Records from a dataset
== == ==
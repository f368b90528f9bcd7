// Blocks: moves with where they begin, their override and their length, and the figures that planning needs.
ghost use Rattle.std.specs.Prelude.{◌≡◌, ◌+◌, ◌*◌, ◌<◌, ◌≤◌, min};
ghost use Rattle.kinds.specs.Sums.{top};
ghost use Rattle.motion.specs.Ranges.{ValidPosition};
ghost use Rattle.motion.specs.Roots.{WholeRoot};
ghost use Rattle.motion.specs.Figures.{square_of, apart, length_of, origin, idle_move, block_of, begun_at, at_percent, target_of, change_of, rise_of, fall_of, feed_of, own_cap, corner_cap};

use crate::moves::Move;

// Plain numbers and no arrays: of an array in a list of blocks it is not known that it has three. The length is computed once,
// when the block is made.
#[derive(Clone, Copy, PartialEq, Eq, Debug)]
pub struct Block {
    pub begin_x: i32,
    pub begin_y: i32,
    pub begin_z: i32,
    pub x: i32,
    pub y: i32,
    pub z: i32,
    pub acceleration: u16,
    pub feed: u16,
    pub corner: u16,
    pub percent: u8,
    pub length: u32,
}

// The square of the distance in x and y, as far as 64 bits go.
fn square_between(p: [i32; 3], q: [i32; 3]) -> u64
    ensures { result ≡ square_of (apart p q 0) (apart p q 1) }
{
    let dx = u64::from(q[0].abs_diff(p[0]));
    let dy = u64::from(q[1].abs_diff(p[1]));
    (dx * dx).saturating_add(dy * dy)
}

// A number near the root of n: three of Newton's steps from the nearest power of two, the first of them by a shift. It
// promises nothing, since whatever it answers is checked.
fn near_root(n: u64) -> u32 {
    let power = (64 - n.leading_zeros()) / 2;
    let first = (n >> power).saturating_add(1 << power) / 2;
    let second = first.saturating_add(n / first.max(1)) / 2;
    let third = second.saturating_add(n / second.max(1)) / 2;
    let root = if third.saturating_mul(third) > n {
        third.saturating_sub(1)
    } else {
        third
    };
    u32::try_from(root).unwrap_or(u32::MAX)
}

// The greatest whole number whose square is at most n. A search by halves, for where the number nearby is not it, takes
// several times as long.
fn whole_root(n: u64) -> u32
    ensures fits { result * result ≤ n }
    ensures next { n < (result + 1) * (result + 1) }
{
    let near = near_root(n);
    let root = u64::from(near);
    let square = root * root;
    if square <= n && n - square <= 2 * root {
        return near;
    }
    // Cut by `as`: the root of 64 bits has 32, and `try_from` would need an error that cannot come.
    n.isqrt() as u32
}

// The length of a straight, of x and y alone: the greatest whole number whose square is at most that of the distance.
pub fn length_between(p: [i32; 3], q: [i32; 3]) -> u32
    ensures value { result ≡ length_of p q }
    ensures greatest { WholeRoot (square_of (apart p q 0) (apart p q 1)) result }
    ensures valid { ValidPosition p → ValidPosition q → WholeRoot (apart p q 0 * apart p q 0 + apart p q 1 * apart p q 1) result }
{
    whole_root(square_between(p, q))
}

// As far as 32 bits go.
fn squared(speed: u32) -> u32
    ensures { result ≡ min (speed * speed) top }
{
    speed.saturating_mul(speed)
}

impl Block {
    // What rows and slots hold before their first use: a move that goes nowhere, at full override.
    pub fn idle() -> Block
        ensures { result ≡ block_of origin idle_move 100 }
    {
        Block::new([0, 0, 0], Move::IDLE, 100)
    }

    pub fn new(begin: [i32; 3], m: Move, percent: u8) -> Block
        ensures { result ≡ block_of begin m percent }
    {
        let [begin_x, begin_y, begin_z] = begin;
        let [x, y, z] = m.target;
        Block {
            begin_x,
            begin_y,
            begin_z,
            x,
            y,
            z,
            acceleration: m.acceleration,
            feed: m.feed,
            corner: m.corner,
            percent,
            length: length_between(begin, m.target),
        }
    }

    // The same move from another position.
    pub fn begun_at(self, begin: [i32; 3]) -> Block
        ensures { result ≡ begun_at self begin }
    {
        let [begin_x, begin_y, begin_z] = begin;
        Block {
            begin_x,
            begin_y,
            begin_z,
            length: length_between(begin, self.target()),
            ..self
        }
    }

    pub fn at_percent(self, percent: u8) -> Block
        ensures { result ≡ at_percent self percent }
    {
        Block { percent, ..self }
    }

    pub fn target(self) -> [i32; 3]
        ensures { result ≡ target_of self }
    {
        [self.x, self.y, self.z]
    }

    // What the squared speed may rise by along the block.
    pub fn rise(self) -> u32
        ensures { result ≡ rise_of self }
    {
        self.change()
    }

    // What the squared speed may fall by along the block. A figure of its own by the rules, so one name for both is no plainer.
    pub fn fall(self) -> u32
        ensures { result ≡ fall_of self }
    {
        self.change()
    }

    fn change(self) -> u32
        ensures { result ≡ change_of self }
    {
        (2 * u32::from(self.acceleration)).saturating_mul(self.length)
    }

    // The feed at the block's override, at least 1.
    fn overridden_feed(self) -> u32
        ensures { result ≡ feed_of self }
    {
        (u32::from(self.feed) * u32::from(self.percent) / 100).max(1)
    }

    // The greatest squared speed on the block.
    pub fn own_cap(self) -> u32
        ensures { result ≡ own_cap self }
    {
        squared(self.overridden_feed())
    }

    // The greatest squared speed at the corner at its end.
    pub fn corner_cap(self) -> u32
        ensures { result ≡ corner_cap self }
    {
        squared(u32::from(self.corner))
    }
}
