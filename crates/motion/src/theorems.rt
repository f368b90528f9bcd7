// What is proved of lists of blocks, where no call of the planner itself says it.
ghost use Rattle.std.specs.Prelude.{List, ℤ};
ghost use Rattle.motion.specs.declared.blocks.Block.{Block};
ghost use Rattle.motion.specs.Figures.{FiguresBounded};
ghost use Rattle.motion.specs.Boxes.{ReachIsBox, SpanIsSum};
ghost use Rattle.motion.specs.ByParts.{ByParts};
ghost use Rattle.motion.specs.Laid.{Entry, Edits};
ghost use Rattle.motion.specs.Worked.{Worked};

// The figures of a block whose move is in range.
pub fn figures_bounded()
    ensures { FiguresBounded }
{}

// The reach of blocks is the box of their targets.
pub fn reach_is_box()
    ensures { ReachIsBox }
{}

// The span of blocks is the sum of their lengths, as far as 32 bits go.
#[tactic(auto, using(crate::proofs::Boxing::span_is_sum))]
pub fn span_is_sum()
    ensures { SpanIsSum }
{}

// Speeds and starts come from the summaries of ranges.
pub fn passes_by_parts()
    ensures { (blocks : List Block) → ByParts blocks }
{}

// An edit of the moves changes one block, and the one after it begins again.
#[tactic(auto, using(crate::proofs::Laying::edits))]
pub fn edits_by_parts()
    ensures { (start : List ℤ) (entries : List Entry) → Edits start entries }
{}

// A plan of three blocks by numbers.
#[tactic(auto, unfolding(crate::specs::Roots::root, kinds::specs::Balance::fewest))]
pub fn worked_examples()
    ensures { Worked }
{}
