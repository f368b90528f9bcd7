// Positions and moves, and the ranges that they keep to.
ghost use Rattle.std.specs.Prelude.{◌≡◌, ◌↔◌, Some, Ok};
ghost use Rattle.motion.specs.Ranges.{position_fits, check_position, ValidPosition, rates_fit, check_move, ValidMove};
ghost use Rattle.motion.specs.Texts.{move_text};

use refusals::Refusal;
use std::fmt;

// The greatest coordinates either way: x and y in millimetres, z in hundredths of one.
const MOST_XY: u32 = 100_000;

const MOST_Z: u32 = 10_000;

const MOST_ACCELERATION: u16 = 2_000;

const MOST_FEED: u16 = 5_000;

const MOST_CORNER: u16 = 10_000;

// The target is x, y, z; acceleration is in mm/s², feed and corner in mm/s.
// A position is an array of three numbers by value, by a rule of the project.
#[derive(Clone, Copy, PartialEq, Eq, Debug)]
pub struct Move {
    pub target: [i32; 3],
    pub acceleration: u16,
    pub feed: u16,
    pub corner: u16,
}

fn position_fits(p: [i32; 3]) -> bool
    ensures { result ≡ position_fits p }
{
    let [x, y, z] = p;
    x.unsigned_abs() <= MOST_XY && y.unsigned_abs() <= MOST_XY && z.unsigned_abs() <= MOST_Z
}

pub fn check_position(p: [i32; 3]) -> Result<(), Refusal>
    ensures value { result ≡ check_position p }
    ensures valid { result ≡ Ok tt ↔ ValidPosition p }
{
    if position_fits(p) {
        Ok(())
    } else {
        Err(Refusal::Coordinate)
    }
}

impl Move {
    // A move that goes nowhere, for rows and slots before their first use.
    pub const IDLE: Move = Move {
        target: [0, 0, 0],
        acceleration: 1,
        feed: 1,
        corner: 0,
    };

    pub fn check(self) -> Result<(), Refusal>
        ensures value { result ≡ check_move self }
        ensures valid { result ≡ Ok tt ↔ ValidMove self }
    {
        check_position(self.target)?;
        if self.rates_fit() {
            Ok(())
        } else {
            Err(Refusal::Rate)
        }
    }

    fn rates_fit(self) -> bool
        ensures { result ≡ rates_fit self }
    {
        (1..=MOST_ACCELERATION).contains(&self.acceleration)
            && (1..=MOST_FEED).contains(&self.feed)
            && self.corner <= MOST_CORNER
    }
}

// By a rule of the project a position is an array, which has no `Display` of ours.
impl fmt::Display for Move {
    ghost output = { λ move. Some (move_text move) };

    fn fmt<W: fmt::Write>(&self, f: &mut fmt::Formatter<W>) -> fmt::Result {
        let Move {
            target,
            acceleration,
            feed,
            corner,
        } = *self;
        let [x, y, z] = target;
        write!(f, "({x}, {y}, {z}) a {acceleration} f {feed} r {corner}")
    }
}
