// Run-up and run-down, the two kinds of summary from which speeds are told.
ghost use Rattle.std.specs.Prelude.{◌≡◌};
ghost use Rattle.motion.specs.Runs.{no_run, through, followed, fits_run, run_up_rule, run_up_laws, run_down_rule, run_down_laws};

use crate::blocks::Block;
use kinds::{Kind, saturating_sum};

// What a range of blocks does to a squared speed: the most that it lets through, and the most that it adds.
#[derive(Clone, Copy, PartialEq, Eq, Debug)]
pub struct Run {
    pub cap: u32,
    pub change: u32,
}

impl Run {
    // Of no blocks: each speed passes as it is.
    pub fn none() -> Run
        ensures { result ≡ no_run }
    {
        Run {
            cap: u32::MAX,
            change: 0,
        }
    }

    // The greatest speed at the other end of the range, for a speed at this one.
    pub fn through(self, speed: u32) -> u32
        ensures { result ≡ through self speed }
    {
        self.cap.min(saturating_sum(speed, self.change))
    }

    // The run of one range and then of another, which begins where the speed leaves the first.
    pub fn then(self, next: Run) -> Run
        ensures { result ≡ followed self next }
    {
        Run {
            cap: next.through(self.cap),
            change: saturating_sum(self.change, next.change),
        }
    }
}

// From the start of a range to its end.
pub struct RunUp;

impl Kind for RunUp {
    type Element = Block;

    type Summary = Run;

    ghost rule = { run_up_rule };

    ghost valid = { fits_run };

    ghost laws = { run_up_laws };

    fn of(element: &Block) -> Run {
        Run {
            cap: element.own_cap().min(element.corner_cap()),
            change: element.rise(),
        }
    }

    fn unit() -> Run {
        Run::none()
    }

    fn join(a: Run, b: Run) -> Run {
        a.then(b)
    }
}

// From the end of a range to its start.
pub struct RunDown;

impl Kind for RunDown {
    type Element = Block;

    type Summary = Run;

    ghost rule = { run_down_rule };

    ghost valid = { fits_run };

    ghost laws = { run_down_laws };

    fn of(element: &Block) -> Run {
        let fall = element.fall();
        Run {
            cap: element
                .own_cap()
                .min(saturating_sum(element.corner_cap(), fall)),
            change: fall,
        }
    }

    fn unit() -> Run {
        Run::none()
    }

    fn join(a: Run, b: Run) -> Run {
        b.then(a)
    }
}
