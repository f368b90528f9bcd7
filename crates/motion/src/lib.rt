// Motion along straight blocks: their figures, their lawful profiles, and the summaries from which speeds are told.
#![tactic(auto)]

pub mod blocks;
pub mod extents;
pub mod moves;
pub mod passes;
pub mod runs;
pub mod theorems;

pub use self::blocks::Block;
pub use self::extents::{Bounds, Extent, Length, Reach, Span};
pub use self::moves::Move;
pub use self::runs::{Run, RunDown, RunUp};
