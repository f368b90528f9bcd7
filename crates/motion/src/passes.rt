// The two passes over a list of blocks: caps of junctions, then back from the end, then on from the start.
ghost use Rattle.std.specs.Prelude.{◌≡◌, suc, min, map, length, IfOk, vec_items};
ghost use Rattle.std.specs.List.{range_with_len};
ghost use Rattle.kinds.specs.Sums.{◌⊕◌};
ghost use Rattle.motion.specs.Figures.{own_cap};
ghost use Rattle.motion.specs.Profiles.{junction_caps, Caps, at, reverse_at, speeds_of, first_blocked, planned, Right, Passes, Prefixes};
ghost use Rattle.motion.specs.declared.passes.Unplanned.TheVariants.{Memory};
ghost use Rattle.motion.specs.Outcomes.{IfPlanned};
ghost use Rattle.motion.specs.Texts.{unplanned_text};

use crate::blocks::Block;
use crate::runs::{Run, RunDown};
use kinds::Kind;
use std::alloc::{AllocError, Global};
use std::error::Error;
use std::fmt;

// Why there are no speeds.
#[derive(Clone, Copy, PartialEq, Eq, Debug)]
pub enum Unplanned {
    // There is no lawful profile: the least junction up to which there is none.
    Blocked(usize),
    // No memory was left for the speeds.
    Memory(AllocError),
}

impl fmt::Display for Unplanned {
    ghost output = { unplanned_text };

    fn fmt<W: fmt::Write>(&self, f: &mut fmt::Formatter<W>) -> fmt::Result {
        match self {
            Unplanned::Blocked(junction) => write!(
                f,
                "no lawful profile up to junction {junction}"
            ),
            Unplanned::Memory(error) => write!(f, "{error}"),
        }
    }
}

impl Error for Unplanned {}

impl From<AllocError> for Unplanned {
    ghost from_gives = { λ error unplanned. unplanned ≡ Memory error };

    fn from(error: AllocError) -> Unplanned {
        Unplanned::Memory(error)
    }
}

// The cap of a junction, from what the block before it allows there and the block after it.
fn junction_cap(before: u32, next: &Block) -> u32
    ensures { result ≡ min before (own_cap next.now) }
{
    before.min(next.own_cap())
}

// One step of a pass: what the change along a block makes of a speed, under a bound.
fn next_speed(bound: u32, speed: u32, change: u32) -> u32
    ensures { result ≡ min bound (speed ⊕ change) }
{
    Run { cap: bound, change }.through(speed)
}

// The cap of each junction, of which there is one more than of blocks.
pub fn junction_caps(heap: Global, blocks: &[Block]) -> Result<Vec<u32>, AllocError>
    ensures value { IfOk result (λ v. v.items ≡ junction_caps blocks.now) }
    ensures cases { IfOk result (λ v. Caps blocks.now (at v.items)) }
{
    let mut caps = Vec::new(heap);
    let mut before = u32::MAX;
    for block in blocks {
        caps.push(junction_cap(before, block))?;
        before = block.own_cap().min(block.corner_cap());
    }
    caps.push(0)?;
    Ok(caps)
}

// From the caps of the junctions to the greatest speeds from which the rest of the blocks can come to rest.
fn reverse_pass(speeds: &mut [u32], blocks: &[Block])
    requires { speeds.old ≡ junction_caps blocks.now }
    ensures { speeds.new ≡ map (reverse_at blocks.now) (range_with_len 0 (suc (length blocks.now))) }
{
    // Written by index: tried with `iter_mut().zip(blocks)`, and the proof does not close, since no contract of the library
    // says what such an adapter leaves in the elements.
    for (j, block) in blocks.iter().enumerate().rev() {
        speeds[j] = next_speed(speeds[j], speeds[j + 1], block.fall());
    }
}

// From those to the speeds that are reached from the start.
fn forward_pass(speeds: &mut [u32], blocks: &[Block], start: u32)
    requires { speeds.old ≡ map (reverse_at blocks.now) (range_with_len 0 (suc (length blocks.now))) }
    ensures { speeds.new ≡ speeds_of blocks.now start }
{
    speeds[0] = start;
    // By index, for the reason in the reverse pass.
    for (j, block) in blocks.iter().enumerate() {
        speeds[j + 1] = next_speed(speeds[j + 1], speeds[j], block.rise());
    }
}

// Prefix by prefix, each by the run-down of its blocks.
fn first_blocked(blocks: &[Block], start: u32) -> usize
    ensures { result ≡ first_blocked blocks.now start }
{
    let mut run = RunDown::unit();
    for (m, block) in blocks.iter().enumerate() {
        if start > run.through(block.own_cap()) {
            return m;
        }
        run = RunDown::join(run, RunDown::of(block));
    }
    blocks.len()
}

// Both passes, from the caps of the junctions to the speeds. The speeds go beside the blocks, since there is one junction more
// than there are blocks; a struct of these and the start would be made in `plan_speeds` only, which is no plainer.
fn both_passes(speeds: &mut [u32], blocks: &[Block], start: u32) -> Result<(), Unplanned>
    requires { speeds.old ≡ junction_caps blocks.now }
    ensures { IfPlanned (λ _. speeds.new) result (λ outcome. outcome ≡ planned blocks.now start) }
{
    reverse_pass(speeds, blocks);
    if start > speeds[0] {
        return Err(Unplanned::Blocked(first_blocked(blocks, start)));
    }
    forward_pass(speeds, blocks, start);
    Ok(())
}

// The greatest lawful profile with a start, by the reverse pass and the forward pass: the squared speed at each junction.
#[tactic(auto, using(crate::proofs::Lawfulness::passes, crate::proofs::Blocking::prefixes, crate::proofs::Blocking::planned_then_right))]
pub fn plan_speeds(heap: Global, blocks: &[Block], start: u32) -> Result<Vec<u32>, Unplanned>
    ensures value { IfPlanned vec_items result (λ outcome. outcome ≡ planned blocks.now start) }
    ensures right { IfPlanned vec_items result (Right blocks.now start) }
    ensures passes { Passes blocks.now }
    ensures prefixes { Prefixes blocks.now }
{
    let mut speeds = junction_caps(heap, blocks)?;
    both_passes(&mut speeds, blocks, start)?;
    Ok(speeds)
}
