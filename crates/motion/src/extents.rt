// The box of the targets of blocks, and their length.
ghost use Rattle.std.specs.Prelude.{◌≡◌, Some};
ghost use Rattle.motion.specs.Extents.{bounds_rule, reach_rule, fits_extent, reach_laws};
ghost use Rattle.motion.specs.Texts.{bounds_text, extent_text};

use crate::blocks::Block;
use kinds::{Kind, Measure, Sum};
use std::fmt;

// The least and the greatest of some coordinates; of none, by the rules of the kind, the least is above the greatest.
#[derive(Clone, Copy, PartialEq, Eq, Debug)]
pub struct Bounds {
    pub least: i32,
    pub greatest: i32,
}

impl Bounds {
    pub fn none() -> Bounds
        ensures { result ≡ bounds_rule.unit }
    {
        Bounds {
            least: i32::MAX,
            greatest: i32::MIN,
        }
    }

    pub fn at(coordinate: i32) -> Bounds
        ensures { result ≡ bounds_rule.one coordinate }
    {
        Bounds {
            least: coordinate,
            greatest: coordinate,
        }
    }

    pub fn join(self, other: Bounds) -> Bounds
        ensures { result ≡ bounds_rule.join self other }
    {
        Bounds {
            least: self.least.min(other.least),
            greatest: self.greatest.max(other.greatest),
        }
    }
}

impl fmt::Display for Bounds {
    ghost output = { λ bounds. Some (bounds_text bounds) };

    fn fmt<W: fmt::Write>(&self, f: &mut fmt::Formatter<W>) -> fmt::Result {
        let Bounds { least, greatest } = *self;
        write!(f, "{least} to {greatest}")
    }
}

// The bounds of the target coordinates along each axis.
#[derive(Clone, Copy, PartialEq, Eq, Debug)]
pub struct Extent {
    pub x: Bounds,
    pub y: Bounds,
    pub z: Bounds,
}

impl fmt::Display for Extent {
    ghost output = { λ extent. Some (extent_text extent) };

    fn fmt<W: fmt::Write>(&self, f: &mut fmt::Formatter<W>) -> fmt::Result {
        let Extent { x, y, z } = *self;
        write!(f, "x {x}, y {y}, z {z}")
    }
}

// The box of the targets of blocks.
pub struct Reach;

impl Kind for Reach {
    type Element = Block;

    type Summary = Extent;

    ghost rule = { reach_rule };

    ghost valid = { fits_extent };

    ghost laws = { reach_laws };

    fn of(element: &Block) -> Extent {
        Extent {
            x: Bounds::at(element.x),
            y: Bounds::at(element.y),
            z: Bounds::at(element.z),
        }
    }

    fn unit() -> Extent {
        Extent {
            x: Bounds::none(),
            y: Bounds::none(),
            z: Bounds::none(),
        }
    }

    fn join(a: Extent, b: Extent) -> Extent {
        Extent {
            x: a.x.join(b.x),
            y: a.y.join(b.y),
            z: a.z.join(b.z),
        }
    }
}

// The length of a block.
pub struct Length;

impl Measure for Length {
    type Element = Block;

    ghost measure = { λ block. block.length };

    fn measure(element: &Block) -> u32 {
        element.length
    }
}

// The length of blocks, as far as 32 bits go.
pub type Span = Sum<Length>;
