ghost use Rattle.std.specs.Prelude.{◌≡◌, ◌↔◌, ◌≤◌, IsTrue, IsOk, IfOk, true, false, MatchResult};
ghost use Rattle.h264_scale.specs.Residual.{HasEntries};
ghost use Rattle.h264_scale.specs.Dc.{dc16_at, dc16_fits, chroma_coefficient, dc2_at, dc2_fits, HasEntries2};
ghost use Rattle.h264_scale.specs.Fours.{IsShort, IsShortFour, IsShortBlock, dc_scaled, dc_four, dc_block as dc_block_of, block_dc_fits, block_dc};
ghost use Rattle.h264_scale.specs.Fours.{dc2_scaled, dc2_four, four_dc_fits, four_dc, matrix_four};

use crate::fours::{Block, Four};
use crate::residual::{V0, coefficients, factor, four_at};
use crate::transform::TransformRange;

/// A DC coefficient of Intra 16x16 luma, scaled (8.5.10).
#[inline(always)]
fn scaled16(f: i32, factor: u32) -> i32
    requires factor { factor ≤ 7424 }
    requires range { IsShort f }
    ensures { result ≡ dc_scaled factor f }
{
    (f * (factor as i32) + 2) >> 2
}

#[inline(always)]
fn scaled_row(f: Four, factor: u32) -> Four
    requires factor { factor ≤ 7424 }
    requires range { IsShortFour f }
    ensures { result ≡ dc_four factor f }
{
    Four {
        a: scaled16(f.a, factor),
        b: scaled16(f.b, factor),
        c: scaled16(f.c, factor),
        d: scaled16(f.d, factor),
    }
}

#[inline(always)]
fn scaled_block(f: Block, factor: u32) -> Block
    requires factor { factor ≤ 7424 }
    requires range { IsShortBlock f }
    ensures { result ≡ dc_block_of factor f }
{
    Block {
        r0: scaled_row(f.r0, factor),
        r1: scaled_row(f.r1, factor),
        r2: scaled_row(f.r2, factor),
        r3: scaled_row(f.r3, factor),
    }
}

/// The scaled DC coefficients of Intra 16x16 luma, from their matrix.
#[tactic(auto, unfolding(crate::specs::Fours::block_dc_fits, crate::specs::Fours::block_dc))]
#[inline(always)]
fn transformed(c: Block, factor: u32) -> Result<[i16; 16], TransformRange>
    requires factor { factor ≤ 7424 }
    requires range { IsShortBlock c }
    ensures { MatchResult result (λ r. (block_dc_fits factor c ≡ true) × (r ≡ block_dc factor c)) (λ _. block_dc_fits factor c ≡ false) }
{
    let f = c.hadamard();
    if !f.fits() {
        return Err(TransformRange);
    }
    let dc = scaled_block(f, factor);
    if !dc.fits() {
        return Err(TransformRange);
    }
    Ok(dc.rows())
}

/// The scaled DC coefficients of the 4x4 blocks of Intra 16x16 luma, row by row of blocks, from their levels by place of the scan (8.5.10).
/// Touches 16 coefficients.
pub fn dc16(levels: &[i16; 16], qp: u8) -> Result<[i16; 16], TransformRange>
    requires { qp ≤ 51 }
    ensures range { IsOk result ↔ IsTrue (dc16_fits levels.now qp) }
    ensures scaled { IfOk result (λ r. HasEntries r (dc16_at levels.now qp)) }
{
    transformed(coefficients(levels), factor(V0[usize::from(qp % 6)], qp))
}

/// A chroma DC coefficient, scaled (8.5.11).
#[inline(always)]
fn scaled2(f: i32, factor: u32) -> i32
    requires factor { factor ≤ 7424 }
    requires range { IsShort f }
    ensures { result ≡ dc2_scaled factor f }
{
    (f * (factor as i32)) >> 1
}

#[inline(always)]
fn scaled_corners(f: Four, factor: u32) -> Four
    requires factor { factor ≤ 7424 }
    requires range { IsShortFour f }
    ensures { result ≡ dc2_four factor f }
{
    Four {
        a: scaled2(f.a, factor),
        b: scaled2(f.b, factor),
        c: scaled2(f.c, factor),
        d: scaled2(f.d, factor),
    }
}

/// The scaled DC coefficients of a chroma plane, from their matrix row by row.
#[tactic(auto, unfolding(crate::specs::Fours::four_dc_fits, crate::specs::Fours::four_dc))]
#[inline(always)]
fn transformed2(c: Four, factor: u32) -> Result<[i16; 4], TransformRange>
    requires factor { factor ≤ 7424 }
    requires range { IsShortFour c }
    ensures { MatchResult result (λ r. (four_dc_fits factor c ≡ true) × (r ≡ four_dc factor c)) (λ _. four_dc_fits factor c ≡ false) }
{
    let f = c.corners();
    if !f.fits() {
        return Err(TransformRange);
    }
    let scaled = scaled_corners(f, factor);
    if !scaled.fits() {
        return Err(TransformRange);
    }
    Ok(scaled.row())
}

/// The DC coefficients of a chroma plane, row by row.
#[inline(always)]
fn chroma_coefficients(levels: &[i16; 4]) -> Four
    ensures value { result ≡ matrix_four (chroma_coefficient levels.now) }
    ensures range { IsShortFour result }
{
    four_at(levels, 0, 1, 2, 3)
}

/// The scaled DC coefficients of the 4x4 blocks of a chroma plane, row by row of blocks, from their four levels (8.5.11). `qp` is that of
/// chroma. Touches 4 coefficients.
pub fn dc2(levels: &[i16; 4], qp: u8) -> Result<[i16; 4], TransformRange>
    requires { qp ≤ 51 }
    ensures range { IsOk result ↔ IsTrue (dc2_fits levels.now qp) }
    ensures scaled { IfOk result (λ r. HasEntries2 r (dc2_at levels.now qp)) }
{
    transformed2(
        chroma_coefficients(levels),
        factor(V0[usize::from(qp % 6)], qp),
    )
}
== == ==
**Task to carry out**
Check every line of the records, and copy the ones that hold the word "IsShortBlock".

**Your response**
ghost use Rattle.h264_scale.specs.Fours.{IsShort, IsShortFour, IsShortBlock, dc_scaled, dc_four, dc_block as dc_block_of, block_dc_fits, block_dc};
    requires range { IsShortBlock f }
    requires range { IsShortBlock c }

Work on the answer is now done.